= Rice grain calcification =

Calcification pattern in cysticercosis

Rice grain calcification is a distinctive radiological finding characterized by the presence of small, elongated, or oval calcific foci resembling grains of rice. This pattern of calcification is typically observed in soft tissues and is associated with certain infectious or inflammatory conditions. It is most commonly linked to cysticercosis, a parasitic infection caused by the larval form of Taenia solium.
==Pathophysiology==
In cysticercosis, the calcifications represent the remnants of degenerated larvae of Taenia solium. When the larvae die, they become calcified over time, forming the characteristic rice grain-like appearance.
==Imaging features==
- Plain Radiography: Appears as multiple, small, oval or linear calcific densities within the soft tissues, commonly seen in muscle groups such as the thighs, arms, or chest wall.
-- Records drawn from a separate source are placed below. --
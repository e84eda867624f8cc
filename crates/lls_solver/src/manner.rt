// How a search goes about it where its contracts leave it free.

/// How a searcher goes about it where its contracts leave it free. Searchers that share a log should differ.
#[derive(Clone, Copy, Debug, PartialEq, Eq)]
pub enum Manner {
    /// Decides first what it met last, and restarts as soon as what it learns gets worse.
    Restless,
    /// Decides first what it met most, of late more than before; restarts rarely, and goes on where the clauses are that forced the literals
    /// of what it learnt.
    Steady,
    /// As a steady one, but goes towards the values of the longest trail that had no conflict, and not towards the last ones.
    Aiming,
}

/// By which manner a formula is searched.
#[derive(Clone, Copy, Debug, PartialEq, Eq)]
pub enum Manners {
    /// One searcher, of that manner.
    Alone(Manner),
    /// A restless and a steady one by turns, each with clauses and a log of its own. What ends first is the answer, whichever that is.
    Both,
}

/// How a formula is searched where the contracts leave it free.
#[derive(Clone, Copy, Debug, PartialEq, Eq)]
pub struct Approach {
    pub manners: Manners,
    /// A number from which it is drawn what is decided first, where one is said.
    pub first: Option<u64>,
}
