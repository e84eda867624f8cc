// A searcher, which takes turns.
ghost use Rattle.std.specs.Prelude.{◌≡◌, ◌≢◌, ◌≤◌, ◌==◌, ℕ, ◌+◌, Bool, [], true, length, Ok, IfOk, IsTrue, OnErr, OnOk};
ghost use Rattle.std.specs.List.{list_any};
ghost use Rattle.lls_store.specs.Changes.{empty_trail};
ghost use Rattle.lls_store.specs.Sound.{IsSound};
ghost use Rattle.lls_store.specs.Store.{AreLive, empty_store};
ghost use Rattle.lls_solver.specs.Course.{IsComplete};
ghost use Rattle.lls_solver.specs.Deletion.{is_marked, ids_marked, AreAllLive, HasForgotten, HasReasons, IsLate, KeepsMarks, MayGo, MayLose};
ghost use Rattle.lls_solver.specs.Searching.{additions, AddsEmpty, HasLearnt, HoldsFormula, IsExhausted, IsGoodLog, IsModel, IsRefutation, IsSearching, KeepsAll};
ghost use Rattle.lls_solver.specs.Sharing.{AreLiveSteps, HoldsFirst, IsBehind};

use crate::catching_up::{catch_up, has_id};
use crate::conflict::go_to_conflict;
use crate::course::Course;
use crate::deletion::{forget_half, forget_marked, ids_of, is_late, mark_reasons, marks_of};
use crate::descent::{Descent, descend};
use crate::learning::{learn_from, learn_further, refute_by};
use crate::loading::load;
use crate::manner::Manner;
use crate::policy::Policy;
use crate::solving::MOST_BUDGET;
use crate::start::Start;
use crate::values::values_of;
use lls_analyse::Analyser;
use lls_base::Memory;
use lls_cnf::{Assignment, Formula};
use lls_lit::Var;
use lls_prooflog::Log;
use lls_store::Store;
use std::alloc::Global;
use std::marker::Model;

/// What a turn came to.
#[derive(Clone, Copy, Debug)]
pub enum Turn {
    /// Every variable has a value, and no clause is false.
    Complete,
    /// A clause was learnt from a conflict.
    Learnt,
    /// The empty clause was derived.
    Refuted,
    /// There is a conflict from which no clause may be learnt: the budget is spent.
    Spent,
}

/// A store of clauses, a course of values over it, an analyser of their conflicts, and what the search goes by. It is seen as
/// its store and its trail.
#[derive(Drop)]
pub struct Searcher<S: Store> {
    store: S,
    course: Course,
    analyser: Analyser,
    policy: Policy,
}

impl<S: Store> Model for Searcher<S> {
    ghost use Rattle.std.specs.Prelude.{◌≡◌};
    ghost use Rattle.std.specs.Coded.{codes, coded_ℤ};
    ghost use Rattle.std.specs.FinSet as set;
    ghost use Rattle.std.specs.Ordering.{int_cmp};
    ghost use Rattle.lls_solver.specs.Policy.{policy_for};
    ghost use Rattle.lls_solver.specs.Searching.{SearcherState};

    ghost Value = { SearcherState };

    // The clauses of a store are sets of literals, whose code has to be named.
    ghost coded = { Prim.hlevel (codes, set.code {R = int_cmp} coded_ℤ) };

    ghost view = { λ s. record { store = S.state s.store; trail = s.course } };

    ghost invariant = { λ s. S.tracks s.store s.course
        × ((s.analyser.vars ≡ (S.state s.store).vars) × (s.policy ≡ policy_for (S.state s.store))) };
}

impl<S: Store + Drop> Searcher<S> {
    /// A searcher over the clauses of a formula, which are added to an empty store.
    pub fn new(
        alloc: Global,
        mut store: S,
        formula: &Formula,
        start: Start,
        manner: Manner,
    ) -> Result<Searcher<S>, Memory>
        requires store { S.state store ≡ empty_store formula.now.vars }
        requires tracked { S.tracks store (empty_trail formula.now.vars) }
        ensures { IfOk result (λ searcher. IsSearching formula.now [] searcher.store searcher.trail) }
    {
        let course = Course::new(alloc, formula.vars(), start, manner)?;
        load(&mut store, &course.trail, formula)?;
        Searcher::over(alloc, store, course, formula, manner)
    }

    // A searcher over a store that is loaded, and a course that hasn't begun.
    fn over(
        alloc: Global,
        store: S,
        course: Course,
        formula: &Formula,
        manner: Manner,
    ) -> Result<Searcher<S>, Memory>
        requires tracked { S.tracks store course }
        requires vars { (S.state store).vars ≡ formula.now.vars }
        ensures { IfOk result (λ searcher. searcher ≡ record { store = S.state store; trail = course }) }
    {
        let (analyser, policy) = tables_of(alloc, formula.vars(), store.count() as usize, manner)?;
        Ok(Searcher {
            store,
            course,
            analyser,
            policy,
        })
    }
}

// What a searcher has besides for so many variables and clauses.
fn tables_of(
    alloc: Global,
    vars: u32,
    clauses: usize,
    manner: Manner,
) -> Result<(Analyser, Policy), Memory>
    requires { vars ≤ Var.MOST }
    ensures analyser { IfOk result (λ pair. pair.0.vars ≡ vars) }
    ensures policy { IfOk result (λ pair. pair.1 ≡ record { levels = vars + 1; clauses = clauses }) }
{
    let analyser = Analyser::new(alloc, vars)?;
    let policy = Policy::new(alloc, vars, clauses, manner)?;
    Ok((analyser, policy))
}

impl<S: Store> Searcher<S> {
    /// Goes on to the next conflict, if there is one, and learns from it where the budget allows another clause. A turn that
    /// ends with `Memory` leaves the log as it was.
    pub fn turn(
        &mut self,
        alloc: Global,
        formula: &Formula,
        log: &mut Log,
        budget: u32,
    ) -> Result<Turn, Memory>
        requires searching { IsSearching formula.now log.old.steps self.old.store self.old.trail }
        requires within { additions log.old.steps ≤ budget }
        requires budget { budget ≤ MOST_BUDGET }
        ensures complete { result ≡ Ok Turn.Complete → IsComplete self.new.store self.new.trail }
        ensures holds { result ≡ Ok Turn.Complete → HoldsFormula formula.now self.new.store }
        ensures stays { result ≡ Ok Turn.Complete → log.new.steps ≡ log.old.steps }
        ensures spent_stays { result ≡ Ok Turn.Spent → log.new.steps ≡ log.old.steps }
        ensures live { result ≢ Ok Turn.Learnt → self.new.store.live ≡ self.old.store.live }
        ensures learnt { result ≡ Ok Turn.Learnt → HasLearnt formula.now budget log.old.steps log.new.steps self.new }
        ensures empty { result ≡ Ok Turn.Refuted → AddsEmpty log.old.steps log.new.steps }
        ensures refuted { result ≡ Ok Turn.Refuted → IsRefutation formula.now budget log.new.steps }
        ensures spent { result ≡ Ok Turn.Spent → IsExhausted formula.now budget log.new.steps }
        ensures err { OnErr result (log.new.steps ≡ log.old.steps) }
        ensures all_kept { (keep_all : Bool) → KeepsAll keep_all log.old.steps → KeepsAll keep_all log.new.steps }
    {
        let conflict = match descend(&mut self.store, &mut self.course) {
            Descent::Complete => return Ok(Turn::Complete),
            Descent::Conflict(conflict) => conflict,
        };
        if go_to_conflict(&mut self.store, &mut self.course, conflict) == 0 {
            refute_by(
                formula,
                &mut self.store,
                &self.course,
                &mut self.analyser,
                log,
                conflict,
            )?;
            return Ok(Turn::Refuted);
        }
        if log.additions() >= u64::from(budget) {
            learn_further(
                alloc,
                formula,
                &mut self.store,
                &self.course,
                &mut self.analyser,
                &mut self.policy,
                log,
                conflict,
            )?;
            return Ok(Turn::Spent);
        }
        learn_from(
            formula,
            &mut self.store,
            &mut self.course,
            &mut self.analyser,
            &mut self.policy,
            log,
            conflict,
        )?;
        Ok(Turn::Learnt)
    }

    /// What its turns took, by the number of literals that unit propagation forced.
    pub(crate) fn effort(&self) -> u64 {
        self.course.effort()
    }

    /// Has the variables from a number on be decided before the others, those of lesser numbers first.
    pub fn begin_at(&mut self, first: u32)
        ensures { self.new ≡ self.old }
    {
        self.course.begin_at(first);
    }

    /// Gets the clauses that others added to the log, where it lacks some: it goes back to level 0 then, and adds them in their
    /// order. The steps of these numbers are the additions that are live. This takes time by what it lacks.
    pub fn catch_up(&mut self, formula: &Formula, log: &Log, live: &[usize]) -> Result<(), Memory>
        requires behind { IsBehind formula.now log.now.steps self.old.store self.old.trail }
        requires good { IsGoodLog formula.now log.now.steps }
        requires live { AreLiveSteps formula.now log.now.steps live.now }
        requires few { additions log.now.steps ≤ MOST_BUDGET }
        ensures searching { OnOk result (IsSearching formula.now log.now.steps self.new.store self.new.trail) }
        ensures first { HoldsFirst formula.now log.now.steps self.new.store.live }
    {
        catch_up(
            formula,
            &mut self.store,
            &mut self.course,
            &mut self.policy,
            log,
            live,
        )
    }

    /// Whether it holds a clause under the id.
    pub fn holds(&self, id: u64) -> bool
        ensures { result ≡ list_any (λ clause. clause.id == id) self.now.store.live }
    {
        has_id(&self.store, id)
    }

    /// Restarts where it is time to.
    pub fn restart(&mut self, formula: &Formula, log: &Log)
        requires { IsSearching formula.now log.now.steps self.old.store self.old.trail }
        ensures searching { IsSearching formula.now log.now.steps self.new.store self.new.trail }
        ensures store { self.new.store ≡ self.old.store }
    {
        if self.policy.wants_restart() {
            self.course.restart(&mut self.store);
            self.policy.restart();
        }
    }

    /// Restarts where it is time to, and forgets clauses where it is time to and not all are to be kept. Where it ends with
    /// `Memory`, the log is as it was.
    pub(crate) fn tidy(
        &mut self,
        alloc: Global,
        formula: &Formula,
        log: &mut Log,
        keep_all: bool,
    ) -> Result<(), Memory>
        requires searching { IsSearching formula.now log.old.steps self.old.store self.old.trail }
        ensures searching { OnOk result (IsSearching formula.now log.new.steps self.new.store self.new.trail) }
        ensures additions { additions log.new.steps ≡ additions log.old.steps }
        ensures err { OnErr result (log.new.steps ≡ log.old.steps) }
        ensures all_kept { KeepsAll keep_all log.old.steps → KeepsAll keep_all log.new.steps }
    {
        self.restart(formula, log);
        if keep_all {
            return Ok(());
        }
        self.forget(alloc, formula, log)
    }

    // Forgets the half of the learnt clauses where there are many enough.
    fn forget(&mut self, alloc: Global, formula: &Formula, log: &mut Log) -> Result<(), Memory>
        requires searching { IsSearching formula.now log.old.steps self.old.store self.old.trail }
        ensures searching { OnOk result (IsSearching formula.now log.new.steps self.new.store self.new.trail) }
        ensures additions { additions log.new.steps ≡ additions log.old.steps }
        ensures err { OnErr result (log.new.steps ≡ log.old.steps) }
    {
        if !self.wants_to_forget(formula, log) {
            return Ok(());
        }
        forget_half(
            alloc,
            formula,
            &mut self.store,
            &mut self.course,
            log,
            self.policy.used(),
        )?;
        self.policy.end_round(self.store.count() as usize);
        Ok(())
    }

    /// Whether it is time to forget learnt clauses, where so many are live that a deletion may come.
    pub fn wants_to_forget(&self, formula: &Formula, log: &Log) -> bool
        requires { IsSearching formula.now log.now.steps self.now.store self.now.trail }
        ensures { IsTrue result → IsLate formula.now log.now.steps }
    {
        let learnt = u64::from(self.store.count()) - formula.len() as u64;
        if !self.policy.wants_round(learnt) {
            return false;
        }
        is_late(log, learnt)
    }

    /// Marks the clauses that are its reasons, by number, beside those that are marked.
    pub fn mark_reasons(&self, marks: &mut [bool])
        requires sound { IsSound self.now.store.live self.now.trail }
        requires each { self.now.store.count ≤ length marks.old }
        ensures len { length marks.new ≡ length marks.old }
        ensures reasons { HasReasons self.now.trail.entries marks.new }
        ensures kept { KeepsMarks marks.old marks.new }
    {
        // What holds of all live clauses is known from here on.
        let _count = self.store.count();
        let course = &self.course;
        mark_reasons(marks, &course.trail);
    }

    /// Marks by number the half of the learnt clauses that is of least use, of those that aren't marked as reasons.
    pub fn mark_half(
        &self,
        alloc: Global,
        formula: &Formula,
        reasons: &[bool],
    ) -> Result<Vec<bool>, Memory>
        requires { length reasons.now ≡ self.now.store.count }
        ensures len { IfOk result (λ marks. length marks.items ≡ self.now.store.count) }
        ensures may_go { IfOk result (λ marks. (c : ℕ) → is_marked marks.items c ≡ true → MayGo self.now.store.live reasons.now (length formula.now.clauses) c) }
    {
        marks_of(
            alloc,
            &self.store,
            formula.len() as u64,
            reasons,
            self.policy.used(),
        )
    }

    /// The ids of the clauses that are marked.
    pub fn ids_of(&self, alloc: Global, marks: &[bool]) -> Result<Vec<u64>, Memory>
        requires all_live { AreAllLive self.now.store }
        requires each { length marks.now ≡ self.now.store.count }
        ensures { IfOk result (λ ids. ids.items ≡ ids_marked marks.now self.now.store.live) }
    {
        ids_of(alloc, &self.store, marks)
    }

    /// How many clauses it holds, where all numbers that were given are live.
    pub fn count(&self) -> u32
        ensures count { result ≡ self.now.store.count }
        ensures live { AreLive self.now.store }
    {
        self.store.count()
    }

    /// Loses the clauses that are marked, and numbers the others anew.
    pub fn remove(&mut self, marks: &[bool])
        requires { MayLose marks.now self.old }
        ensures { HasForgotten marks.now self.old self.new }
    {
        forget_marked(&mut self.store, &mut self.course, marks);
        self.policy.end_round(self.store.count() as usize);
    }

    /// The assignment that the trail is, where every variable has a value and no clause is false.
    pub fn assignment(&self, alloc: Global, formula: &Formula) -> Result<Assignment, Memory>
        requires complete { IsComplete self.now.store self.now.trail }
        requires holds { HoldsFormula formula.now self.now.store }
        ensures { IfOk result (IsModel formula.now) }
    {
        // What holds of all live clauses is known from here on.
        let _count = self.store.count();
        let course = &self.course;
        let values = values_of(alloc, &course.trail, formula.vars())?;
        Ok(Assignment::new(values))
    }
}
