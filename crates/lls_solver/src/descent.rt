// Unit propagation and decisions, one after the other.
ghost use Rattle.std.specs.Prelude.{◌≡◌, ℕ};
ghost use Rattle.lls_store.specs.Store.{IsConflict};
ghost use Rattle.lls_solver.specs.Course.{IsComplete, IsOnCourse};

use crate::course::Course;
use lls_store::Store;

/// What unit propagation and decisions came to.
#[derive(Clone, Copy, Debug)]
pub(crate) enum Descent {
    /// Every variable has a value, and no clause is false.
    Complete,
    /// The clause of that number is false.
    Conflict(u32),
}

/// Propagates and decides until a clause is false or every variable has a value.
pub(crate) fn descend<S: Store>(store: &mut S, course: &mut Course) -> Descent
    requires tracked { S.tracks store.old course.old }
    requires on_course { IsOnCourse (S.state store.old) course.old }
    ensures conflict { (c : ℕ) → result ≡ Descent.Conflict c → IsConflict (S.state store.old).live course.new c }
    ensures complete { result ≡ Descent.Complete → IsComplete (S.state store.old) course.new }
    ensures state { S.state store.new ≡ S.state store.old }
    ensures tracked { S.tracks store.new course.new }
    ensures on_course { IsOnCourse (S.state store.old) course.new }
{
    loop {
        if let Some(c) = course.propagate(store) {
            return Descent::Conflict(c);
        }
        match course.decide() {
            None => return Descent::Complete,
            Some(_level) => {}
        }
    }
}
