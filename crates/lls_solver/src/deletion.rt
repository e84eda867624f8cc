// What a search forgets: the half of its learnt clauses that was of least use, in one step of the log.
ghost use Rattle.std.specs.Prelude.{◌≡◌, ◌≤◌, ◌<◌, ◌↔◌, ℕ, [], All, Contains, Some, false, true, IfOk, IsTrue, OnErr, length, map, replicate};
ghost use Rattle.lls_lit.specs.Formula.{Cnf};
ghost use Rattle.lls_store.specs.Trail.{reason_of};
ghost use Rattle.lls_store.specs.Sound.{IsSound};
ghost use Rattle.lls_store.specs.Removal.{IsNoReason, compacted, renamed};
ghost use Rattle.lls_store.specs.Store.{AreLive};
ghost use Rattle.lls_solver.specs.Deletion.{is_marked, ids_marked, without_marked, AreAllLive, HasReasons, IsLate, KeepsMarks, MayGo};
ghost use Rattle.lls_solver.specs.Searching.{additions, IsSearching};
ghost use Rattle.lls_solver.specs.Sharing.{added_after};

use crate::course::Course;
use lls_base::Memory;
use lls_cnf::Formula;
use lls_prooflog::Log;
use lls_store::{Store, Trail};
use std::alloc::Global;
use std::cmp::Reverse;

// So many learnt clauses are live at the least where the first deletion comes.
const LEAST_LEARNT: u64 = 64;

// So many more for each deletion before.
const MORE_EACH_TIME: u64 = 64;

// A learnt clause that may go. The least goes first: one of no use since the last deletion, then the longer one, then the
// older one.
#[derive(Clone, Copy, Debug, PartialEq, Eq, PartialOrd, Ord)]
struct Candidate {
    used: bool,
    len: Reverse<usize>,
    number: u32,
}

/// Whether so many learnt clauses are live that a deletion may come.
pub(crate) fn is_late(log: &Log, learnt: u64) -> bool
    ensures { (formula : Cnf) → learnt ≡ length (added_after formula log.now.steps) → (IsTrue result ↔ IsLate formula log.now.steps) }
{
    let deletions = log.len() as u64 - log.additions();
    if learnt < LEAST_LEARNT {
        return false;
    }
    (learnt - LEAST_LEARNT) / MORE_EACH_TIME >= deletions
}

/// Deletes the half of the learnt clauses that goes first, of those that are no reason.
pub(crate) fn forget_half<S: Store>(
    alloc: Global,
    formula: &Formula,
    store: &mut S,
    course: &mut Course,
    log: &mut Log,
    used: &[bool],
) -> Result<(), Memory>
    requires searching { IsSearching formula.now log.old.steps (S.state store.old) course.old }
    requires tracked { S.tracks store.old course.old }
    requires used_each { length used.now ≡ (S.state store.old).count }
    requires late { IsLate formula.now log.old.steps }
    ensures searching { IsSearching formula.now log.new.steps (S.state store.new) course.new }
    ensures additions { additions log.new.steps ≡ additions log.old.steps }
    ensures err { OnErr result (log.new.steps ≡ log.old.steps) }
    ensures vars { (S.state store.new).vars ≡ (S.state store.old).vars }
    ensures count { (S.state store.new).count ≤ (S.state store.old).count }
    ensures tracked { S.tracks store.new course.new }
{
    // What holds of all live clauses is known from here on.
    let count = store.count() as usize;
    let mut reasons = vec![in alloc; false; count]?;
    mark_reasons(&mut reasons, &course.trail);
    let marks = marks_of(alloc, store, formula.len() as u64, &reasons, used)?;
    let ids = ids_of(alloc, store, &marks)?;
    if ids.is_empty() {
        return Ok(());
    }
    log.reserve(1, 0, ids.len())?;
    log.push_del(&ids);
    forget_marked(store, course, &marks);
    Ok(())
}

/// Takes the clauses out that are marked, none of which is a reason, and numbers the others anew.
pub(crate) fn forget_marked<S: Store>(store: &mut S, course: &mut Course, marks: &[bool])
    requires each { (S.state store.old).count ≤ length marks.now }
    requires all_live { AreAllLive (S.state store.old) }
    requires tail { (S.state store.old).tail ≡ [] }
    requires no_reason { (c : ℕ) → is_marked marks.now c ≡ true → IsNoReason course.old.entries c }
    requires tracked { S.tracks store.old course.old }
    requires sound { IsSound (S.state store.old).live course.old }
    ensures state { S.state store.new ≡ compacted (without_marked (S.state store.old) marks.now) }
    ensures renamed { course.new ≡ renamed (without_marked (S.state store.old) marks.now).live course.old }
    ensures count { (S.state store.new).count ≤ (S.state store.old).count }
    ensures were_live { AreLive (S.state store.old) }
    ensures tracked { S.tracks store.new course.new }
    ensures sound { IsSound (S.state store.new).live course.new }
{
    // What holds of all live clauses is known from here on.
    let _count = store.count();
    remove_marked(store, &course.trail, marks);
    course.compact(store);
}

/// Marks the half of the learnt clauses that goes first, of those that aren't marked as reasons.
pub(crate) fn marks_of<S: Store>(
    alloc: Global,
    store: &S,
    last: u64,
    reasons: &[bool],
    used: &[bool],
) -> Result<Vec<bool>, Memory>
    requires reasons_each { length reasons.now ≡ (S.state store.now).count }
    requires used_each { length used.now ≡ (S.state store.now).count }
    ensures len { IfOk result (λ marks. length marks.items ≡ (S.state store.now).count) }
    ensures may_go { IfOk result (λ marks. (c : ℕ) → is_marked marks.items c ≡ true → MayGo (S.state store.now).live reasons.now last c) }
{
    let count = store.count() as usize;
    let mut candidates = candidates(alloc, store, last, reasons, used)?;
    candidates.sort_unstable();
    candidates.truncate(candidates.len() / 2);
    let mut marks = vec![in alloc; false; count]?;
    mark_numbers(&mut marks, &candidates);
    Ok(marks)
}

/// Marks the clauses that are reasons, beside those that are marked.
pub(crate) fn mark_reasons(marks: &mut [bool], trail: &Trail)
    requires given { (v c : ℕ) → reason_of trail.now.entries v ≡ Some c → c < length marks.old }
    ensures len { length marks.new ≡ length marks.old }
    ensures reasons { HasReasons trail.now.entries marks.new }
    ensures kept { KeepsMarks marks.old marks.new }
{
    for k in 0..trail.len() {
        if let Some(reason) = trail.known_reason(trail.lit(k).var()) {
            marks[reason as usize] = true;
        }
    }
}

// Marks the clauses of these numbers.
fn mark_numbers(marks: &mut [bool], candidates: &[Candidate])
    requires unmarked { marks.old ≡ replicate (length marks.old) false }
    requires within { All (λ x. x.number < length marks.old) candidates.now }
    ensures len { length marks.new ≡ length marks.old }
    ensures marked { (c : ℕ) → is_marked marks.new c ≡ true → Contains (map (λ x. x.number) candidates.now) c }
    ensures each { All (λ x. is_marked marks.new x.number ≡ true) candidates.now }
{
    for candidate in candidates {
        marks[candidate.number as usize] = true;
    }
}

// The learnt clauses that aren't marked as reasons.
fn candidates<S: Store>(
    alloc: Global,
    store: &S,
    last: u64,
    reasons: &[bool],
    used: &[bool],
) -> Result<Vec<Candidate>, Memory>
    requires reasons_each { length reasons.now ≡ (S.state store.now).count }
    requires used_each { length used.now ≡ (S.state store.now).count }
    ensures { IfOk result (λ candidates. All (λ x. MayGo (S.state store.now).live reasons.now last x.number) candidates.items) }
{
    let mut candidates = Vec::new(alloc);
    for c in 0..store.count() {
        if may_go(store, last, reasons, c) {
            let candidate = Candidate {
                used: used[c as usize],
                len: Reverse(store.lits(c).len()),
                number: c,
            };
            candidates.push(candidate)?;
        }
    }
    Ok(candidates)
}

// Whether a clause was learnt and isn't marked as a reason. Those of the formula have the ids up to the last one.
fn may_go<S: Store>(store: &S, last: u64, reasons: &[bool], c: u32) -> bool
    requires given { c < (S.state store.now).count }
    requires within { c < length reasons.now }
    ensures { IsTrue result → MayGo (S.state store.now).live reasons.now last c }
{
    if reasons[c as usize] || !store.live(c) {
        return false;
    }
    store.id(c) > last
}

/// The ids of the clauses that are marked.
pub(crate) fn ids_of<S: Store>(alloc: Global, store: &S, marks: &[bool]) -> Result<Vec<u64>, Memory>
    requires all_live { AreAllLive (S.state store.now) }
    requires each { length marks.now ≡ (S.state store.now).count }
    ensures { IfOk result (λ ids. ids.items ≡ ids_marked marks.now (S.state store.now).live) }
{
    let mut ids = Vec::new(alloc);
    for c in 0..store.count() {
        if marks[c as usize] {
            ids.push(store.id(c))?;
        }
    }
    Ok(ids)
}

// Takes the clauses out that are marked.
fn remove_marked<S: Store>(store: &mut S, trail: &Trail, marks: &[bool])
    requires each { (S.state store.old).count ≤ length marks.now }
    requires all_live { AreAllLive (S.state store.old) }
    requires no_reason { (c : ℕ) → is_marked marks.now c ≡ true → IsNoReason trail.now.entries c }
    requires tracked { S.tracks store.old trail.now }
    requires sound { IsSound (S.state store.old).live trail.now }
    ensures state { S.state store.new ≡ without_marked (S.state store.old) marks.now }
    ensures tracked { S.tracks store.new trail.now }
    ensures sound { IsSound (S.state store.new).live trail.now }
{
    for c in 0..store.count() {
        if marks[c as usize] {
            store.remove(trail, c);
        }
    }
}
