// What a search came to.
use lls_cnf::Assignment;

/// What a search for an assignment came to.
#[derive(Debug, Drop)]
pub enum Outcome {
    /// An assignment that satisfies the formula.
    Sat(Assignment),
    /// No assignment satisfies it: the log is accepted.
    Unsat,
    /// As many clauses were learnt as the budget allows, and the next conflict would need another.
    Undecided,
}
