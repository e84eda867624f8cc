// The level of a conflict.
ghost use Rattle.std.specs.Prelude.{◌≡◌, ◌<◌, ◌≤◌};
ghost use Rattle.lls_store.specs.Trail.{IsTrail};
ghost use Rattle.lls_store.specs.Store.{IsConflict};
ghost use Rattle.lls_solver.specs.Course.{IsOnCourse};
ghost use Rattle.lls_solver.specs.Conflict.{IsHighest};
ghost use Rattle.lls_analyse.specs.Learnt.{IsCurrentConflict};
ghost use Rattle.lls_analyse.specs.Valued.{HaveValues};

use crate::course::Course;
use lls_lit::Lit;
use lls_store::{Store, Trail};

/// Goes back to the highest level of a false clause's literals, which it answers.
pub(crate) fn go_to_conflict<S: Store>(store: &mut S, course: &mut Course, conflict: u32) -> u32
    requires conflict { IsConflict (S.state store.old).live course.old conflict }
    requires tracked { S.tracks store.old course.old }
    requires on_course { IsOnCourse (S.state store.old) course.old }
    ensures level { course.new.current ≡ result }
    ensures conflict { IsConflict (S.state store.old).live course.new conflict }
    ensures current { 0 < result → IsCurrentConflict (S.state store.old).live course.new conflict }
    ensures state { S.state store.new ≡ S.state store.old }
    ensures tracked { S.tracks store.new course.new }
    ensures on_course { IsOnCourse (S.state store.old) course.new }
{
    // What holds of all live clauses is known from here on.
    let _count = store.count();
    let level = highest_level(&course.trail, store.lits(conflict));
    course.go_back(store, level);
    level
}

// The highest level of literals that have values: 0 where there is none above.
fn highest_level(trail: &Trail, lits: &[Lit]) -> u32
    requires trail { IsTrail trail.now }
    requires have_values { HaveValues trail.now.entries lits.now }
    ensures highest { IsHighest trail.now lits.now result }
    ensures most { result ≤ trail.now.current }
{
    let mut highest = 0;
    for lit in lits {
        highest = highest.max(trail.known_level(lit.var()));
    }
    highest
}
- Computed Tomography (CT): Provides greater detail regarding the location, shape, and extent of calcifications. Calcifications may appear dispersed throughout affected muscle groups or in specific regions.
- Ultrasound: Hyper-echoic foci with posterior acoustic shadowing may be seen, representing calcified cysticerci.
- Magnetic Resonance Imaging (MRI): Less useful for identifying calcifications directly but may show the residual inflammatory changes in adjacent tissues.